▶ **Task requirements**: From the line with "(λ map. (path : List ℕ)" through the line with "there are any.", inclusive, return each line of the data below exactly and leave the rest out.

──────── Exercise inputs ────────

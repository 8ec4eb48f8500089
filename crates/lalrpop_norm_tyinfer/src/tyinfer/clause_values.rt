//! What the clauses of a rule make of a table of types.
ghost use Rattle.std.specs.Prelude.{◌≡◌, List, Some, IfOk, map, option_map};
ghost use Rattle.lalrpop_norm_tree_names.specs.declared.names.TypeParameter.{TypeParameter};
ghost use Rattle.lalrpop_norm_tree_parts.specs.Reprs.{tuple};
ghost use Rattle.lalrpop_norm_tree.specs.Symbols.{kind_view};
ghost use Rattle.lalrpop_norm_shared_types.specs.Shared.{shared_view, shared_all};
ghost use Rattle.lalrpop_norm_tyinfer_steps.specs.Clauses.{kinds_in, sources_in, clause_view, clauses_view, clause_in, first_in};
ghost use Rattle.lalrpop_norm_tyinfer_steps.specs.Numbered.{numbered_table};

use lalrpop_norm_shared_types::shared::{SharedType, TypeNode};
use lalrpop_norm_tree::grammar::parse_tree::{NoMemory, Symbol, TypeParameter};
use lalrpop_norm_tyinfer_steps::numbered::Numbered;
use lalrpop_norm_tyinfer_steps::type_sources::{RuleClauses, TypeSource};
use lalrpop_norm_tyinfer_steps::values::{kind_value, type_value};
use std::alloc::Global;

/// The type that a clause of an alternative makes of the table, if it makes one, whatever the type parameters.
pub(crate) fn clause_value(
    alloc: Global,
    types: &Numbered,
    clause: &TypeSource,
) -> Result<Option<SharedType>, NoMemory>
    ensures { IfOk result (λ o. (ps : List TypeParameter) →
        option_map shared_view o ≡ clause_in ps (numbered_table types.now) (clause_view clause.now)) }
{
    match clause {
        TypeSource::Sources(sources) => sources_value(alloc, types, sources),
        TypeSource::Location => location_value(alloc, types),
    }
}

fn location_value(alloc: Global, types: &Numbered) -> Result<Option<SharedType>, NoMemory>
    ensures { IfOk result (λ o. option_map shared_view o ≡ (numbered_table types.now).location) }
{
    match types.opt_terminal_loc_type() {
        Some(ty) => Ok(Some(SharedType::of(alloc, ty)?)),
        None => Ok(None),
    }
}

/// The type of the values of these symbols, each with its index: one bare, any other number of them as a tuple.
fn sources_value(
    alloc: Global,
    types: &Numbered,
    sources: &[(usize, &Symbol)],
) -> Result<Option<SharedType>, NoMemory>
    ensures { IfOk result (λ o. option_map shared_view o
        ≡ sources_in (numbered_table types.now) (map (λ t. kind_view t.1.now.kind) sources.now)) }
{
    match sources {
        [source] => kind_value(alloc, types, &source.1.kind),
        _ => match all_values(alloc, types, sources)? {
            Some(values) => tuple_type(alloc, values),
            None => Ok(None),
        },
    }
}

/// The tuple of these types.
fn tuple_type(alloc: Global, types: Vec<SharedType>) -> Result<Option<SharedType>, NoMemory>
    ensures { IfOk result (λ o. option_map shared_view o ≡ Some (tuple (shared_all types.items))) }
{
    let ty = SharedType::new(alloc, TypeNode::Tuple(types))?;
    Ok(Some(ty))
}

fn all_values(
    alloc: Global,
    types: &Numbered,
    sources: &[(usize, &Symbol)],
) -> Result<Option<Vec<SharedType>>, NoMemory>
    ensures { IfOk result (λ o. option_map (λ ts. shared_all ts.items) o
        ≡ kinds_in (numbered_table types.now) (map (λ t. kind_view t.1.now.kind) sources.now)) }
{
    let mut values = Vec::with_capacity(alloc, sources.len())?;
    for source in sources {
        match kind_value(alloc, types, &source.1.kind)? {
            Some(ty) => values.push(ty)?,
            None => return Ok(None),
        }
    }
    Ok(Some(values))
}

/// The type that the first clause of a rule makes of the table that makes one.
pub(crate) fn first_value(
    alloc: Global,
    parameters: &[TypeParameter],
    types: &Numbered,
    clauses: &RuleClauses,
) -> Result<Option<SharedType>, NoMemory>
    ensures { IfOk result (λ o. option_map shared_view o ≡ first_in parameters.now (numbered_table types.now) (clauses_view clauses.now)) }
{
    match clauses {
        RuleClauses::Declared(written) => type_value(alloc, parameters, types, written),
        RuleClauses::Alternatives(clauses) => first_given(alloc, types, clauses),
    }
}

/// The type that the first of these alternatives' clauses makes that makes one, whatever the type parameters.
fn first_given(
    alloc: Global,
    types: &Numbered,
    clauses: &[TypeSource],
) -> Result<Option<SharedType>, NoMemory>
    ensures { IfOk result (λ o. (ps : List TypeParameter) →
        option_map shared_view o ≡ first_in ps (numbered_table types.now) (map clause_view clauses.now)) }
{
    for clause in clauses {
        if let Some(ty) = clause_value(alloc, types, clause)? {
            return Ok(Some(ty));
        }
    }
    Ok(None)
}
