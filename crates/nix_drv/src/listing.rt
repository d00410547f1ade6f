//! A source that is a list of files in memory.
ghost use Rattle.std.specs.Prelude.{◌≡◌, ◌≤◌, ℕ, List, IfOk, IfErr};
ghost use Rattle.std.specs.Option.{option_copied};
ghost use Rattle.nix_drv.specs.ListedFiles.{entries_of, pairs_of};
ghost use Rattle.nix_drv.specs.Sources.{IsFetched, GivesSame, IsCounted, IsGiven, IsListingOf, after_fetch, bytes_at, listing_gives, next_answer};

use crate::source::{DrvSource, SourceFault};
use indexmap::IndexMap;
use nix_names::StorePath;
use std::alloc::{AllocError, Global};
use std::marker::Model;

/// A file of a list.
#[derive(Debug, Drop)]
pub struct ListedFile {
    /// The text of its path.
    pub path: Vec<u8>,
    /// Its content.
    pub bytes: Vec<u8>,
}

/// A list of files in memory. Chosen fetches fail as those of a broken device do. Of several files
/// at one path the first is fetched.
#[derive(Debug, Drop)]
pub struct ListSource {
    files: IndexMap<Vec<u8>, Vec<u8>>,
    failing: Vec<u64>,
    fetches: u64,
    failures: u64,
}

impl Model for ListSource {
    ghost use Rattle.nix_drv.specs.ListedFiles.{entries_of};
    ghost use Rattle.nix_drv.specs.Sources.{Listing};

    ghost Value = { Listing };

    ghost view = { λ source. record {
      files = entries_of source.files.entries;
      failing = source.failing.items;
      fetches = source.fetches;
      failures = source.failures;
    } };
}

impl ListSource {
    /// The source with these files. The fetches with these numbers, counted from 0, fail. Fails
    /// with `NoMemory` where memory is refused, and with no other fault. Costs one entry of a hash
    /// table for each file.
    pub fn new(
        alloc: Global,
        files: Vec<ListedFile>,
        failing: Vec<u64>,
    ) -> Result<ListSource, SourceFault>
        ensures ok { IfOk result (IsListingOf (pairs_of files.items) failing.items) }
        ensures err { IfErr result (λ fault. fault ≡ SourceFault.NoMemory) }
    {
        Ok(ListSource {
            files: by_path(alloc, files)?,
            failing,
            fetches: 0,
            failures: 0,
        })
    }

    /// The number of fetches that failed, at most `u64::MAX`.
    pub fn failures(&self) -> u64
        ensures { result ≡ self.now.failures }
    {
        self.failures
    }

    // The next fetch of the path.
    fn next(&mut self, alloc: Global, path: &[u8]) -> Result<Vec<u8>, SourceFault>
        ensures after { self.new ≡ after_fetch self.old }
        ensures answer { IsFetched (next_answer self.old path.now) result }
    {
        let is_failing = self.failing.contains(&self.fetches);
        self.fetches = self.fetches.saturating_add(1);
        if is_failing {
            self.failures = self.failures.saturating_add(1);
            return Err(SourceFault::Device);
        }
        match bytes_at(&self.files, path) {
            Some(bytes) => Ok(Vec::from_slice(alloc, bytes)?),
            None => Err(SourceFault::Missing),
        }
    }
}

impl DrvSource for ListSource {
    ghost gives = { listing_gives };

    ghost failures = { λ listing. listing.failures };

    /// The bytes of the first file at the path, unless this fetch is one of those that fail.
    /// Costs one look-up by hash and one copy of the bytes.
    #[tactic(auto, using(crate::proofs::CheckedListings::keeps_gives, crate::proofs::CheckedListings::answer_is_given, crate::proofs::CheckedListings::device_is_counted, crate::proofs::CheckedListings::failures_rise))]
    fn fetch(&mut self, alloc: Global, path: &StorePath) -> Result<Vec<u8>, SourceFault>
        ensures keeps { GivesSame (listing_gives self.old) (listing_gives self.new) }
        ensures given { IsGiven (listing_gives self.old path.now) result }
        ensures device { IsCounted self.old.failures self.new.failures result }
        ensures counts { self.old.failures ≤ self.new.failures }

        ensures after { self.new ≡ after_fetch self.old }
        ensures answer { IsFetched (next_answer self.old path.now) result }
    {
        self.next(alloc, path.text())
    }
}

// The bytes of the first file at each path. The files go in from the last to the first, since the
// map keeps the bytes that went in last for a path.
fn by_path(
    alloc: Global,
    mut files: Vec<ListedFile>,
) -> Result<IndexMap<Vec<u8>, Vec<u8>>, AllocError>
    ensures { IfOk result
        (λ map. (path : List ℕ)
        → bytes_at (entries_of map.entries) path ≡ bytes_at (pairs_of files.items) path) }
{
    let mut by_path = IndexMap::new(alloc);
    'files: while let Some(file) = files.pop() {
        by_path.insert(file.path, file.bytes)?;
    }
    Ok(by_path)
}

// The bytes at the path, if there are any.
fn bytes_at<'a>(files: &'a IndexMap<Vec<u8>, Vec<u8>>, path: &[u8]) -> Option<&'a [u8]>
    ensures { option_copied result ≡ bytes_at (entries_of files.now.entries) path.now }
{
    let bytes = files.get(path)?;
    Some(bytes)
}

────────

▶ **Task response**:
        (λ map. (path : List ℕ)
        → bytes_at (entries_of map.entries) path ≡ bytes_at (pairs_of files.items) path) }
{
    let mut by_path = IndexMap::new(alloc);
    'files: while let Some(file) = files.pop() {
        by_path.insert(file.path, file.bytes)?;
    }
    Ok(by_path)
}

// The bytes at the path, if there are any.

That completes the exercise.